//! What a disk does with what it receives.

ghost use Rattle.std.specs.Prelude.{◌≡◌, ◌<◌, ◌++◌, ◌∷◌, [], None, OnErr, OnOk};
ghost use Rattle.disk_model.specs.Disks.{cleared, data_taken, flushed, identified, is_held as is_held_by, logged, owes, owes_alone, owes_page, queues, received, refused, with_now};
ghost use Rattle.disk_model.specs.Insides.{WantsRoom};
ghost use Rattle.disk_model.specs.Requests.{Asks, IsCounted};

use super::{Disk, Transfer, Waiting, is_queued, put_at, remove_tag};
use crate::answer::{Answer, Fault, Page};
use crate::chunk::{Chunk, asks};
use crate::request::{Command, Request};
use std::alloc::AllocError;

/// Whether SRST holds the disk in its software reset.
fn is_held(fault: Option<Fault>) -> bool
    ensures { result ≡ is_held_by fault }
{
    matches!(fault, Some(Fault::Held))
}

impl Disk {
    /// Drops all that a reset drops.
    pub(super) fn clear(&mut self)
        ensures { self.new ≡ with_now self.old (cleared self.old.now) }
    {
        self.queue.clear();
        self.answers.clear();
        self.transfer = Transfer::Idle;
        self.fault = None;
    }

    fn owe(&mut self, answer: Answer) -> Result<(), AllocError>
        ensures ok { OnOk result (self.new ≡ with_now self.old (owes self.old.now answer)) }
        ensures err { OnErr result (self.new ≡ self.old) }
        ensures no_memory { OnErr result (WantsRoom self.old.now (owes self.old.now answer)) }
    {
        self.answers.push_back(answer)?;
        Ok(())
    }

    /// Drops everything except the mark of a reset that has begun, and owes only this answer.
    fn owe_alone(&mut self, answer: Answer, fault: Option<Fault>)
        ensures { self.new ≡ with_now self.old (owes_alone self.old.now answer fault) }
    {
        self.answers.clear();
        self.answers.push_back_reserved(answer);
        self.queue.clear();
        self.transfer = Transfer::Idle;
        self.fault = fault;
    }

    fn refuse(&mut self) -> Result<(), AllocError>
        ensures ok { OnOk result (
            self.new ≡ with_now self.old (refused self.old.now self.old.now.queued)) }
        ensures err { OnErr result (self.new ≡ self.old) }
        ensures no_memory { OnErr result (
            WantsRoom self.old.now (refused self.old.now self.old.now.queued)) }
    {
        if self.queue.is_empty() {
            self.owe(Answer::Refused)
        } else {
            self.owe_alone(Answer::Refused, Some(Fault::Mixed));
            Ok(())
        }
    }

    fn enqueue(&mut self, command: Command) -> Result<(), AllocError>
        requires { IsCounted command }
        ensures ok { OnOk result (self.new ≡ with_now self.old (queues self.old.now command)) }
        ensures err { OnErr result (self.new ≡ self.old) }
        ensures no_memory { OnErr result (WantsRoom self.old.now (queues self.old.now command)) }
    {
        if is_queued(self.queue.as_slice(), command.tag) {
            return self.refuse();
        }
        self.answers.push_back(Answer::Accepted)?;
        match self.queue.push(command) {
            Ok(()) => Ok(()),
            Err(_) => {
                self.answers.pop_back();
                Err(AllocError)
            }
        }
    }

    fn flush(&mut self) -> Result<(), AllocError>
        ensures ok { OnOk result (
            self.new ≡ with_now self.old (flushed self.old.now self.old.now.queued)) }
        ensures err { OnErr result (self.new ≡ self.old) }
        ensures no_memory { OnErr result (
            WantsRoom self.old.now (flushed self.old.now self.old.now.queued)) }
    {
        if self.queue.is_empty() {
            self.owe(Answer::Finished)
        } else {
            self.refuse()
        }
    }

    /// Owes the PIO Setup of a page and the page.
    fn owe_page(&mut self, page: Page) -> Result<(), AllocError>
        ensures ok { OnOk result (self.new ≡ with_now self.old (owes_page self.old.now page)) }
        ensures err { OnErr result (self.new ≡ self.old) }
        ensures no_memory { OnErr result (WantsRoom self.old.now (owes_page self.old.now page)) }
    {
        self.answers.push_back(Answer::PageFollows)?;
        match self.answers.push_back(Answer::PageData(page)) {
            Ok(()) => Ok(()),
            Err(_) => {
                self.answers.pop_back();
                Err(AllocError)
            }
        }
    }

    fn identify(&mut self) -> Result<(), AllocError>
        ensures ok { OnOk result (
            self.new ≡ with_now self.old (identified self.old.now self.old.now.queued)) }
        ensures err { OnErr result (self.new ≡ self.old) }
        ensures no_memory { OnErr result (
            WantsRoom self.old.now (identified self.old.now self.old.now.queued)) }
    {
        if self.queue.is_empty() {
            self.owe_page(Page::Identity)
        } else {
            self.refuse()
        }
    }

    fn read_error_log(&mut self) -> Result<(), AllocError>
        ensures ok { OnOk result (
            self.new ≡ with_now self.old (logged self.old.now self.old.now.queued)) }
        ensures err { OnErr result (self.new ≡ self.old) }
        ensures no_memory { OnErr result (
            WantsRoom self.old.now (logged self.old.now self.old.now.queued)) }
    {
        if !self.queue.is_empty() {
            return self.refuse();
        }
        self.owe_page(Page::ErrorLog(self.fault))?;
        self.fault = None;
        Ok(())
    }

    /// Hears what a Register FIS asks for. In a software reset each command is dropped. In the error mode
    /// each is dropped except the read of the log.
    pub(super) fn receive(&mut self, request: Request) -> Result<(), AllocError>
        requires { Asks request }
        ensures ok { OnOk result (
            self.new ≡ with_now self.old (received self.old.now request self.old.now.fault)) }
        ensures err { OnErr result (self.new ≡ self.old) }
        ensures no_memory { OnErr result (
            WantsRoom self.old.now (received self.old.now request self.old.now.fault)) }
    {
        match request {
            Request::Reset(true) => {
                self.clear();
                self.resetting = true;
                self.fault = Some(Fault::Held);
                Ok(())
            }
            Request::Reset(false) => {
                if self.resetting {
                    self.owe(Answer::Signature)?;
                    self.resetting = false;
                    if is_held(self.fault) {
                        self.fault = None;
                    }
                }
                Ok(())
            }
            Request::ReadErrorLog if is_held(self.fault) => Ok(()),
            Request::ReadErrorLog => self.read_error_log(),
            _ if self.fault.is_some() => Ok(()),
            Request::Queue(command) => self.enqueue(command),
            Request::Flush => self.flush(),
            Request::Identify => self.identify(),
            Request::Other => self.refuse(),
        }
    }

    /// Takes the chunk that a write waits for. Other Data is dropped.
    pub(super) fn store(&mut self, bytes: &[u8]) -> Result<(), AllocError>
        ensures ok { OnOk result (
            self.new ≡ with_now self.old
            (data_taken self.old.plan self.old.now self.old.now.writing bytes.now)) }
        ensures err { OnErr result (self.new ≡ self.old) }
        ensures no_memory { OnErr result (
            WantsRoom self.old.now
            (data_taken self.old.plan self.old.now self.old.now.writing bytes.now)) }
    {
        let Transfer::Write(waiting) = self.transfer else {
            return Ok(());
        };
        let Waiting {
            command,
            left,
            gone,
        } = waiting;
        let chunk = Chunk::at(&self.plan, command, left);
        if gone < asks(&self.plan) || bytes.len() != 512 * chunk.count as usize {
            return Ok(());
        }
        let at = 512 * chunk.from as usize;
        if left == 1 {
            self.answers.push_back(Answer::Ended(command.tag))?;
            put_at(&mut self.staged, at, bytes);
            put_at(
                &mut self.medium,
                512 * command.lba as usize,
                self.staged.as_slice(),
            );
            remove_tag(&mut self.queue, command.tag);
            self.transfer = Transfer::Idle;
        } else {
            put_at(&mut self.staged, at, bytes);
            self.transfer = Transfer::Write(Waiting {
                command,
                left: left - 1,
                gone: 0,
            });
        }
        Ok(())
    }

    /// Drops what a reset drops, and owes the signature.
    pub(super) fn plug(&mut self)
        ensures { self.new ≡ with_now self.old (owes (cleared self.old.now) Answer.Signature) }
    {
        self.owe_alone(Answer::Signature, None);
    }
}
━━━━━━
--- Problem to work on ---
Reproduce the listing above verbatim, from first line to last.

--- Answer area ---
//! What a disk does with what it receives.

ghost use Rattle.std.specs.Prelude.{◌≡◌, ◌<◌, ◌++◌, ◌∷◌, [], None, OnErr, OnOk};
ghost use Rattle.disk_model.specs.Disks.{cleared, data_taken, flushed, identified, is_held as is_held_by, logged, owes, owes_alone, owes_page, queues, received, refused, with_now};
ghost use Rattle.disk_model.specs.Insides.{WantsRoom};
ghost use Rattle.disk_model.specs.Requests.{Asks, IsCounted};

use super::{Disk, Transfer, Waiting, is_queued, put_at, remove_tag};
use crate::answer::{Answer, Fault, Page};
use crate::chunk::{Chunk, asks};
use crate::request::{Command, Request};
use std::alloc::AllocError;

/// Whether SRST holds the disk in its software reset.
fn is_held(fault: Option<Fault>) -> bool
    ensures { result ≡ is_held_by fault }
{
    matches!(fault, Some(Fault::Held))
}

impl Disk {
    /// Drops all that a reset drops.
    pub(super) fn clear(&mut self)
        ensures { self.new ≡ with_now self.old (cleared self.old.now) }
    {
        self.queue.clear();
        self.answers.clear();
        self.transfer = Transfer::Idle;
        self.fault = None;
    }

    fn owe(&mut self, answer: Answer) -> Result<(), AllocError>
        ensures ok { OnOk result (self.new ≡ with_now self.old (owes self.old.now answer)) }
        ensures err { OnErr result (self.new ≡ self.old) }
        ensures no_memory { OnErr result (WantsRoom self.old.now (owes self.old.now answer)) }
    {
        self.answers.push_back(answer)?;
        Ok(())
    }

    /// Drops everything except the mark of a reset that has begun, and owes only this answer.
    fn owe_alone(&mut self, answer: Answer, fault: Option<Fault>)
        ensures { self.new ≡ with_now self.old (owes_alone self.old.now answer fault) }
    {
        self.answers.clear();
        self.answers.push_back_reserved(answer);
        self.queue.clear();
        self.transfer = Transfer::Idle;
        self.fault = fault;
    }

    fn refuse(&mut self) -> Result<(), AllocError>
        ensures ok { OnOk result (
            self.new ≡ with_now self.old (refused self.old.now self.old.now.queued)) }
        ensures err { OnErr result (self.new ≡ self.old) }
        ensures no_memory { OnErr result (
            WantsRoom self.old.now (refused self.old.now self.old.now.queued)) }
    {
        if self.queue.is_empty() {
            self.owe(Answer::Refused)
        } else {
            self.owe_alone(Answer::Refused, Some(Fault::Mixed));
            Ok(())
        }
    }

    fn enqueue(&mut self, command: Command) -> Result<(), AllocError>
        requires { IsCounted command }
        ensures ok { OnOk result (self.new ≡ with_now self.old (queues self.old.now command)) }
        ensures err { OnErr result (self.new ≡ self.old) }
        ensures no_memory { OnErr result (WantsRoom self.old.now (queues self.old.now command)) }
    {
        if is_queued(self.queue.as_slice(), command.tag) {
            return self.refuse();
        }
        self.answers.push_back(Answer::Accepted)?;
        match self.queue.push(command) {
            Ok(()) => Ok(()),
            Err(_) => {
                self.answers.pop_back();
                Err(AllocError)
            }
        }
    }

    fn flush(&mut self) -> Result<(), AllocError>
        ensures ok { OnOk result (
            self.new ≡ with_now self.old (flushed self.old.now self.old.now.queued)) }
        ensures err { OnErr result (self.new ≡ self.old) }
        ensures no_memory { OnErr result (
            WantsRoom self.old.now (flushed self.old.now self.old.now.queued)) }
    {
        if self.queue.is_empty() {
            self.owe(Answer::Finished)
        } else {
            self.refuse()
        }
    }

    /// Owes the PIO Setup of a page and the page.
    fn owe_page(&mut self, page: Page) -> Result<(), AllocError>
        ensures ok { OnOk result (self.new ≡ with_now self.old (owes_page self.old.now page)) }
        ensures err { OnErr result (self.new ≡ self.old) }
        ensures no_memory { OnErr result (WantsRoom self.old.now (owes_page self.old.now page)) }
    {
        self.answers.push_back(Answer::PageFollows)?;
        match self.answers.push_back(Answer::PageData(page)) {
            Ok(()) => Ok(()),
            Err(_) => {
                self.answers.pop_back();
                Err(AllocError)
            }
        }
    }

    fn identify(&mut self) -> Result<(), AllocError>
        ensures ok { OnOk result (
            self.new ≡ with_now self.old (identified self.old.now self.old.now.queued)) }
        ensures err { OnErr result (self.new ≡ self.old) }
        ensures no_memory { OnErr result (
            WantsRoom self.old.now (identified self.old.now self.old.now.queued)) }
    {
        if self.queue.is_empty() {
            self.owe_page(Page::Identity)
        } else {
            self.refuse()
        }
    }

    fn read_error_log(&mut self) -> Result<(), AllocError>
        ensures ok { OnOk result (
            self.new ≡ with_now self.old (logged self.old.now self.old.now.queued)) }
        ensures err { OnErr result (self.new ≡ self.old) }
        ensures no_memory { OnErr result (
            WantsRoom self.old.now (logged self.old.now self.old.now.queued)) }
    {
        if !self.queue.is_empty() {
            return self.refuse();
        }
        self.owe_page(Page::ErrorLog(self.fault))?;
        self.fault = None;
        Ok(())
    }

    /// Hears what a Register FIS asks for. In a software reset each command is dropped. In the error mode
    /// each is dropped except the read of the log.
    pub(super) fn receive(&mut self, request: Request) -> Result<(), AllocError>
        requires { Asks request }
        ensures ok { OnOk result (
            self.new ≡ with_now self.old (received self.old.now request self.old.now.fault)) }
        ensures err { OnErr result (self.new ≡ self.old) }
        ensures no_memory { OnErr result (
            WantsRoom self.old.now (received self.old.now request self.old.now.fault)) }
    {
        match request {
            Request::Reset(true) => {
                self.clear();
                self.resetting = true;
                self.fault = Some(Fault::Held);
                Ok(())
            }
            Request::Reset(false) => {
                if self.resetting {
                    self.owe(Answer::Signature)?;
                    self.resetting = false;
                    if is_held(self.fault) {
                        self.fault = None;
                    }
                }
                Ok(())
            }
            Request::ReadErrorLog if is_held(self.fault) => Ok(()),
            Request::ReadErrorLog => self.read_error_log(),
            _ if self.fault.is_some() => Ok(()),
            Request::Queue(command) => self.enqueue(command),
            Request::Flush => self.flush(),
            Request::Identify => self.identify(),
            Request::Other => self.refuse(),
        }
    }

    /// Takes the chunk that a write waits for. Other Data is dropped.
    pub(super) fn store(&mut self, bytes: &[u8]) -> Result<(), AllocError>
        ensures ok { OnOk result (
            self.new ≡ with_now self.old
            (data_taken self.old.plan self.old.now self.old.now.writing bytes.now)) }
        ensures err { OnErr result (self.new ≡ self.old) }
        ensures no_memory { OnErr result (
            WantsRoom self.old.now
            (data_taken self.old.plan self.old.now self.old.now.writing bytes.now)) }
    {
        let Transfer::Write(waiting) = self.transfer else {
            return Ok(());
        };
        let Waiting {
            command,
            left,
            gone,
        } = waiting;
        let chunk = Chunk::at(&self.plan, command, left);
        if gone < asks(&self.plan) || bytes.len() != 512 * chunk.count as usize {
            return Ok(());
        }
        let at = 512 * chunk.from as usize;
        if left == 1 {
            self.answers.push_back(Answer::Ended(command.tag))?;
            put_at(&mut self.staged, at, bytes);
            put_at(
                &mut self.medium,
                512 * command.lba as usize,
                self.staged.as_slice(),
            );
            remove_tag(&mut self.queue, command.tag);
            self.transfer = Transfer::Idle;
        } else {
            put_at(&mut self.staged, at, bytes);
            self.transfer = Transfer::Write(Waiting {
                command,
                left: left - 1,
                gone: 0,
            });
        }
        Ok(())
    }

    /// Drops what a reset drops, and owes the signature.
    pub(super) fn plug(&mut self)
        ensures { self.new ≡ with_now self.old (owes (cleared self.old.now) Answer.Signature) }
    {
        self.owe_alone(Answer::Signature, None);
    }
}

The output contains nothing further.